**WHAT YOU HAVE TO DO**
Nothing should change. Output the data exactly.

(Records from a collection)

[Start of section]

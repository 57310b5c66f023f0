//! What a backup answers.
use fb_disk::Disk;
use fb_journal::StartFault;
use fb_memory::Memory;
use seg_store::LoadFault;
use thiserror::Error;

/// A log that has all entries of a history.
#[derive(Drop)]
pub struct Backed<D: Disk> {
    pub log: D,
    /// How many of them it got in this backup.
    pub copied: u32,
}

/// Why a log was not brought to a history.
#[derive(Clone, Copy, Debug, PartialEq, Eq, Error)]
pub enum BackupFault {
    /// A call of the target's disk failed.
    #[error("a call of the disk failed")]
    Disk,
    /// The target's first record that is none, or whose payload holds no entry, and the byte of the file at which its first
    /// misfit begins. Both are counted from 0.
    #[error("record {nth} at byte {at}")]
    BadLog { nth: u64, at: u64 },
    /// The target's first entry that is not the history's has this t, or its t is the first above the history's basis.
    #[error("the entry of t {t} is another one")]
    Other { t: u32 },
    #[error("out of memory")]
    Memory,
}

/// A backup that did not succeed: why, and the disk. It has what was appended until then.
#[derive(Drop)]
pub struct BackupStop<D: Disk> {
    pub fault: BackupFault,
    pub log: D,
}

/// Why trees were not copied.
#[derive(Clone, Copy, Debug, PartialEq, Eq, Error)]
pub enum CopyFault {
    /// A call of the target's disk failed.
    #[error("a call of the disk failed")]
    Disk,
    #[error("out of memory")]
    Memory,
}

/// A copy of trees that did not succeed: why, and the disk.
#[derive(Drop)]
pub struct CopyStop<D: Disk> {
    pub fault: CopyFault,
    pub segments: D,
}

impl From<Memory> for BackupFault {
    ghost use Rattle.std.specs.Prelude.{◌≡◌};
    ghost use Rattle.fb_backup.specs.declared.faults.BackupFault.TheVariants.{Memory};

    ghost from_gives = { λ _ fault. fault ≡ Memory };

    fn from(_: Memory) -> BackupFault {
        BackupFault::Memory
    }
}

impl From<StartFault> for BackupFault {
    ghost use Rattle.std.specs.Prelude.{◌≡◌};
    ghost use Rattle.fb_backup.specs.Backups.{fault_of};

    ghost from_gives = { λ start fault. fault ≡ fault_of start };

    fn from(start: StartFault) -> BackupFault {
        match start {
            StartFault::Disk => BackupFault::Disk,
            StartFault::BadLog { nth, at } => BackupFault::BadLog { nth, at },
            StartFault::Memory => BackupFault::Memory,
        }
    }
}

impl From<LoadFault> for CopyFault {
    ghost use Rattle.std.specs.Prelude.{◌≡◌};
    ghost use Rattle.fb_backup.specs.Copies.{fault_of_load};

    ghost from_gives = { λ load fault. fault ≡ fault_of_load load };

    fn from(load: LoadFault) -> CopyFault {
        match load {
            LoadFault::Disk => CopyFault::Disk,
            LoadFault::Memory => CopyFault::Memory,
        }
    }
}
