//! Transactions that are drawn from a seed.
use crate::guard::NoEmptyText;
use crate::run::Run;
use anyhow::Result;
use std::alloc::Global;
use test_data::{Dice, PEOPLE, SCHEMA};

/// How many transactions are drawn for one history.
const ROUND: u32 = 20;

/// How many transactions were drawn, and which rules refused them, by their keywords.
#[derive(Drop)]
pub(crate) struct Tally {
    pub(crate) drawn: u32,
    pub(crate) refused: Vec<Vec<u8>>,
}

impl Tally {
    fn count(&mut self, alloc: Global, reply: &[u8]) -> Result<()> {
        self.drawn = self.drawn.saturating_add(1);
        let Some(reason) = reason_in(reply) else {
            return Ok(());
        };
        for other in self.refused.iter() {
            if other.as_slice() == reason {
                return Ok(());
            }
        }
        let mut copy = Vec::new(alloc);
        copy.extend_from_slice(reason)?;
        self.refused.push(copy)?;
        Ok(())
    }
}

/// Decides transactions on so many histories. On every other one the guard bars empty texts.
pub(crate) fn decided(alloc: Global, histories: u32, seed: u64) -> Result<Tally> {
    let mut dice = Dice::new(seed);
    let mut tally = Tally {
        drawn: 0,
        refused: Vec::new(alloc),
    };
    for i in 0..histories {
        let guard = NoEmptyText { bars: i % 2 == 1 };
        decide_round(alloc, guard, &mut dice, &mut tally)?;
    }
    Ok(tally)
}

fn decide_round(
    alloc: Global,
    guard: NoEmptyText,
    dice: &mut Dice,
    tally: &mut Tally,
) -> Result<()> {
    let mut run = Run::new(alloc, guard)?;
    decide_on(alloc, &mut run, dice, tally)
}

/// The history gains the schema and the people of which the transactions speak.
fn decide_on(alloc: Global, run: &mut Run, dice: &mut Dice, tally: &mut Tally) -> Result<()> {
    run.reply_to(SCHEMA.as_bytes())?;
    run.reply_to(PEOPLE.as_bytes())?;
    for _ in 0..ROUND {
        let data = test_data::data(alloc, dice)?;
        let reply = run.reply_to(data.as_bytes())?;
        tally.count(alloc, &reply)?;
    }
    Ok(())
}

/// The keyword after `{:refused `, if the reply begins with it.
fn reason_in(reply: &[u8]) -> Option<&[u8]> {
    let rest = reply.strip_prefix(b"{:refused ")?;
    rest.split(|byte| *byte == b' ').next()
}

[End of section]

**REPLY**
repository 57310b5c66f023f0
//! What a backup answers.
use fb_disk::Disk;
use fb_journal::StartFault;
use fb_memory::Memory;
use seg_store::LoadFault;
use thiserror::Error;

/// A log that has all entries of a history.
#[derive(Drop)]
pub struct Backed<D: Disk> {
    pub log: D,
    /// How many of them it got in this backup.
    pub copied: u32,
}

/// Why a log was not brought to a history.
#[derive(Clone, Copy, Debug, PartialEq, Eq, Error)]
pub enum BackupFault {
    /// A call of the target's disk failed.
    #[error("a call of the disk failed")]
    Disk,
    /// The target's first record that is none, or whose payload holds no entry, and the byte of the file at which its first
    /// misfit begins. Both are counted from 0.
    #[error("record {nth} at byte {at}")]
    BadLog { nth: u64, at: u64 },
    /// The target's first entry that is not the history's has this t, or its t is the first above the history's basis.
    #[error("the entry of t {t} is another one")]
    Other { t: u32 },
    #[error("out of memory")]
    Memory,
}

/// A backup that did not succeed: why, and the disk. It has what was appended until then.
#[derive(Drop)]
pub struct BackupStop<D: Disk> {
    pub fault: BackupFault,
    pub log: D,
}

/// Why trees were not copied.
#[derive(Clone, Copy, Debug, PartialEq, Eq, Error)]
pub enum CopyFault {
    /// A call of the target's disk failed.
    #[error("a call of the disk failed")]
    Disk,
    #[error("out of memory")]
    Memory,
}

/// A copy of trees that did not succeed: why, and the disk.
#[derive(Drop)]
pub struct CopyStop<D: Disk> {
    pub fault: CopyFault,
    pub segments: D,
}

impl From<Memory> for BackupFault {
    ghost use Rattle.std.specs.Prelude.{◌≡◌};
    ghost use Rattle.fb_backup.specs.declared.faults.BackupFault.TheVariants.{Memory};

    ghost from_gives = { λ _ fault. fault ≡ Memory };

    fn from(_: Memory) -> BackupFault {
        BackupFault::Memory
    }
}

impl From<StartFault> for BackupFault {
    ghost use Rattle.std.specs.Prelude.{◌≡◌};
    ghost use Rattle.fb_backup.specs.Backups.{fault_of};

    ghost from_gives = { λ start fault. fault ≡ fault_of start };

    fn from(start: StartFault) -> BackupFault {
        match start {
            StartFault::Disk => BackupFault::Disk,
            StartFault::BadLog { nth, at } => BackupFault::BadLog { nth, at },
            StartFault::Memory => BackupFault::Memory,
        }
    }
}

impl From<LoadFault> for CopyFault {
    ghost use Rattle.std.specs.Prelude.{◌≡◌};
    ghost use Rattle.fb_backup.specs.Copies.{fault_of_load};

    ghost from_gives = { λ load fault. fault ≡ fault_of_load load };

    fn from(load: LoadFault) -> CopyFault {
        match load {
            LoadFault::Disk => CopyFault::Disk,
            LoadFault::Memory => CopyFault::Memory,
        }
    }
}
//! Transactions that are drawn from a seed.
use crate::guard::NoEmptyText;
use crate::run::Run;
use anyhow::Result;
use std::alloc::Global;
use test_data::{Dice, PEOPLE, SCHEMA};

/// How many transactions are drawn for one history.
const ROUND: u32 = 20;

/// How many transactions were drawn, and which rules refused them, by their keywords.
#[derive(Drop)]
pub(crate) struct Tally {
    pub(crate) drawn: u32,
    pub(crate) refused: Vec<Vec<u8>>,
}

impl Tally {
    fn count(&mut self, alloc: Global, reply: &[u8]) -> Result<()> {
        self.drawn = self.drawn.saturating_add(1);
        let Some(reason) = reason_in(reply) else {
            return Ok(());
        };
        for other in self.refused.iter() {
            if other.as_slice() == reason {
                return Ok(());
            }
        }
        let mut copy = Vec::new(alloc);
        copy.extend_from_slice(reason)?;
        self.refused.push(copy)?;
        Ok(())
    }
}

/// Decides transactions on so many histories. On every other one the guard bars empty texts.
pub(crate) fn decided(alloc: Global, histories: u32, seed: u64) -> Result<Tally> {
    let mut dice = Dice::new(seed);
    let mut tally = Tally {
        drawn: 0,
        refused: Vec::new(alloc),
    };
    for i in 0..histories {
        let guard = NoEmptyText { bars: i % 2 == 1 };
        decide_round(alloc, guard, &mut dice, &mut tally)?;
    }
    Ok(tally)
}

fn decide_round(
    alloc: Global,
    guard: NoEmptyText,
    dice: &mut Dice,
    tally: &mut Tally,
) -> Result<()> {
    let mut run = Run::new(alloc, guard)?;
    decide_on(alloc, &mut run, dice, tally)
}

/// The history gains the schema and the people of which the transactions speak.
fn decide_on(alloc: Global, run: &mut Run, dice: &mut Dice, tally: &mut Tally) -> Result<()> {
    run.reply_to(SCHEMA.as_bytes())?;
    run.reply_to(PEOPLE.as_bytes())?;
    for _ in 0..ROUND {
        let data = test_data::data(alloc, dice)?;
        let reply = run.reply_to(data.as_bytes())?;
        tally.count(alloc, &reply)?;
    }
    Ok(())
}

/// The keyword after `{:refused `, if the reply begins with it.
fn reason_in(reply: &[u8]) -> Option<&[u8]> {
    let rest = reply.strip_prefix(b"{:refused ")?;
    rest.split(|byte| *byte == b' ').next()
}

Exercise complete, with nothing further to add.